Assessment of Groundwater Potential in a Mountainous Area Using Machine Learning and GIS, Rherhaya Basin, High Atlas, Morocco

Abstract

Mountainous regions are vital for recharging aquifers in plain areas downstream, but understanding the geological, hydrogeological, and climatic factors is crucial to comprehend groundwater processes in these regions. Several parameters, including lithology, topography, secondary porosity, geological structures, and climatic conditions, affect the potential of groundwater in mountainous aquifers. Traditional groundwater modeling tools face several challenges in handling large amounts of real-time data, such as extracting useful features, quantifying uncertainty, and identifying links between different variables.

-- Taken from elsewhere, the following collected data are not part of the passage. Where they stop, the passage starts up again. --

ghost use Rattle.std.specs.Prelude.{◌≡◌, ◌≢◌, ◌<◌};
ghost use Rattle.seat_tables.specs.Seats.{IsOf};

use crate::{Seat, Shared};
use race_core::{Entry, Truth};
use std::sync::Wait;
use std::test::Fail;
use std::thread;
use std::thread::Threads;

#[derive(Clone, Copy)]
struct Three;

impl Truth for Three {
    ghost use Rattle.std.specs.Prelude.{◌≤◌};
    ghost use Rattle.std.proofs.Common.{arith};
    ghost use Rattle.race_core.specs.Samples.{three_entry, three_fits};

    ghost size = { λ _. 3 };

    ghost entry = { λ _ index. three_entry index };

    ghost reached = { λ _ quality. quality ≤ 100 };

    fn size(&self) -> usize {
        3
    }

    ghost size_fits = { λ _. Prim.omega arith };

    ghost entry_fits = { λ _ index _. three_fits index };

    ghost reached_fits = { λ _ _ low. Prim.omega arith };
}

// Two rows of 1100 indices, of which the second has no list.
#[derive(Clone, Copy)]
struct TwoRows;

impl Truth for TwoRows {
    ghost use Rattle.std.specs.Prelude.{◌≤◌};
    ghost use Rattle.std.proofs.Common.{arith};
    ghost use Rattle.race_core.specs.Samples.{row_entry, row_fits};

    ghost size = { λ _. 2200 };

    ghost entry = { λ _ index. row_entry index };

    ghost reached = { λ _ quality. quality ≤ 100 };

    fn size(&self) -> usize {
        2200
    }

    ghost size_fits = { λ _. Prim.omega arith };

    ghost entry_fits = { λ _ index _. row_fits index };

    ghost reached_fits = { λ _ _ low. Prim.omega arith };
}

#[test]
fn seven_calls(rt: HostRuntime) -> Result<(), Fail> {
    let (table, mut first) = Shared::new(rt.alloc(), Three)?;
    assert_eq!(rt; table.truth().size(), 3);
    assert_eq!(rt; table.load(&mut first, 1), None);
    table.put(&mut first, 1, Entry::Best(0));
    table.offer(&mut first, 5);
    let mut second = table.split(&mut first);
    assert_eq!(rt; table.see(&mut second), Some(5));
    table.put(&mut second, 0, Entry::NoList);
    table.join(&mut first, second);
    let closed = table.close(first);
    assert_eq!(rt; closed.word(0), 6);
    assert_eq!(rt; closed.word(1), 1);
    assert_eq!(rt; closed.word(2), 2);
    assert_eq!(rt; closed.word(3), 0);
    Ok(())
}

#[test]
fn a_seat_finds_what_another_put(rt: HostRuntime) -> Result<(), Fail> {
    let (table, mut a) = Shared::new(rt.alloc(), TwoRows)?;
    let mut b = table.split(&mut a);
    assert_eq!(rt; table.load(&mut b, 7), None);
    table.put(&mut a, 7, Entry::Best(0));
    assert_eq!(rt; table.load(&mut b, 7), Some(Entry::Best(0)));
    table.join(&mut a, b);
    assert_eq!(rt; table.load(&mut a, 7), Some(Entry::Best(0)));
    table.put(&mut a, 7, Entry::Best(0));
    table.put(&mut a, 1100, Entry::NoList);
    assert_eq!(rt; table.load(&mut a, 1100), Some(Entry::NoList));
    let closed = table.close(a);
    assert_eq!(rt; closed.word(8), 2);
    assert_eq!(rt; closed.word(1101), 1);
    Ok(())
}

#[test]
fn a_seat_sees_what_another_offered(rt: HostRuntime) -> Result<(), Fail> {
    let (table, mut a) = Shared::new(rt.alloc(), TwoRows)?;
    let mut b = table.split(&mut a);
    assert_eq!(rt; table.see(&mut a), None);
    table.offer(&mut a, 100);
    assert_eq!(rt; table.see(&mut b), Some(100));
    table.offer(&mut a, 0);
    assert_eq!(rt; table.see(&mut a), Some(100));
    Ok(())
}

// For every truth: an entry that a seat put is found by a seat split from it, and by one that takes that seat in, and stands there at the end.
fn put_and_find<T: Truth>(table: Shared<T>, mut first: Seat<T>, index: usize, entry: Entry) -> u64
    requires of { IsOf table first }
    requires inside { index < T.size table.truth }
    requires entry { entry ≡ T.entry table.truth index }
    ensures { result ≢ 0 }
{
    let mut second = table.split(&mut first);
    table.put(&mut second, index, entry);
    let mut third = table.split(&mut second);
    table.load(&mut third, index).unwrap();
    table.join(&mut first, third);
    table.load(&mut first, index).unwrap();
    table.close(first).word(index + 1)
}

#[test]
fn an_entry_stays(rt: HostRuntime) -> Result<(), Fail> {
    let (table, first) = Shared::new(rt.alloc(), TwoRows)?;
    assert_eq!(rt; put_and_find(table, first, 7, Entry::Best(0)), 2);
    Ok(())
}

fn fill(table: &Shared<Three>, mut seat: Seat<Three>)
    requires { IsOf table.now seat }
{
    table.put(&mut seat, 0, Entry::NoList);
    table.put(&mut seat, 1, Entry::Best(0));
    table.put(&mut seat, 2, Entry::Best(5));
}

fn fill_by_two<R: Threads + Wait>(rt: &R, table: &Shared<Three>, a: Seat<Three>, b: Seat<Three>)
    requires { IsOf table.now a × IsOf table.now b }
{
    thread::scope(
        thread::scope_env(),
        rt,
        move |scope| -> ()
            requires { IsOf table.now a × IsOf table.now b }
        {
            let one = scope.spawn(
                move ||
                    requires { IsOf table.now a }
                { fill(table, a) },
            );
            if let Err(refused) = one {
                (refused.value)();
            }
            let two = scope.spawn(
                move ||
                    requires { IsOf table.now b }
                { fill(table, b) },
            );
            if let Err(refused) = two {
                (refused.value)();
            }
        },
    );
}

#[test]
fn two_threads_fill_the_same_words(rt: HostRuntime) -> Result<(), Fail> {
    let (table, mut first) = Shared::new(rt.alloc(), Three)?;
    let a = table.split(&mut first);
    let b = table.split(&mut first);
    fill_by_two(&rt, &table, a, b);
    let closed = table.close(first);
    assert_eq!(rt; closed.word(1), 1);
    assert_eq!(rt; closed.word(2), 2);
    assert_eq!(rt; closed.word(3), 7);
    Ok(())
}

Recent technological advances in artificial intelligence, particularly machine learning, provide solutions for hydrogeological research and applications. This paper focuses on modeling potential zones of groundwater sources using various methodologies based on GIS, spatial remote sensing, and machine learning. The study evaluated three models, Random Forest, Support Vector Machine, and Logistic Regression, in identifying potential groundwater zones in the Rherhaya watershed. More than 200 localized spring points were needed to ensure efficient model learning. The Support Vector Machine model demonstrated the highest performance during the 70/30% split, with a ROC-AUC of 84.4% for the test data. The study identified four critical conditioning factors of groundwater potentiality, including Topographic position index, River Distance, Valley Depth, and Plane Curvature. The models also highlighted the distance to rivers as a significant factor, particularly in the upstream portion of the watershed. The very low potentiality class occupied the largest area (over 32%), followed by low (between 24 and 29%), moderate (12–19%), high (10–14%), and very high (only 9–12%) classes. Only the Support Vector Machine model predicted that 12% of the catchment area had high potential for groundwater resources, indicating its superior performance in identifying high-potential zones. The results offer valuable insights that can aid decision-makers in effectively managing water resources in vulnerable areas.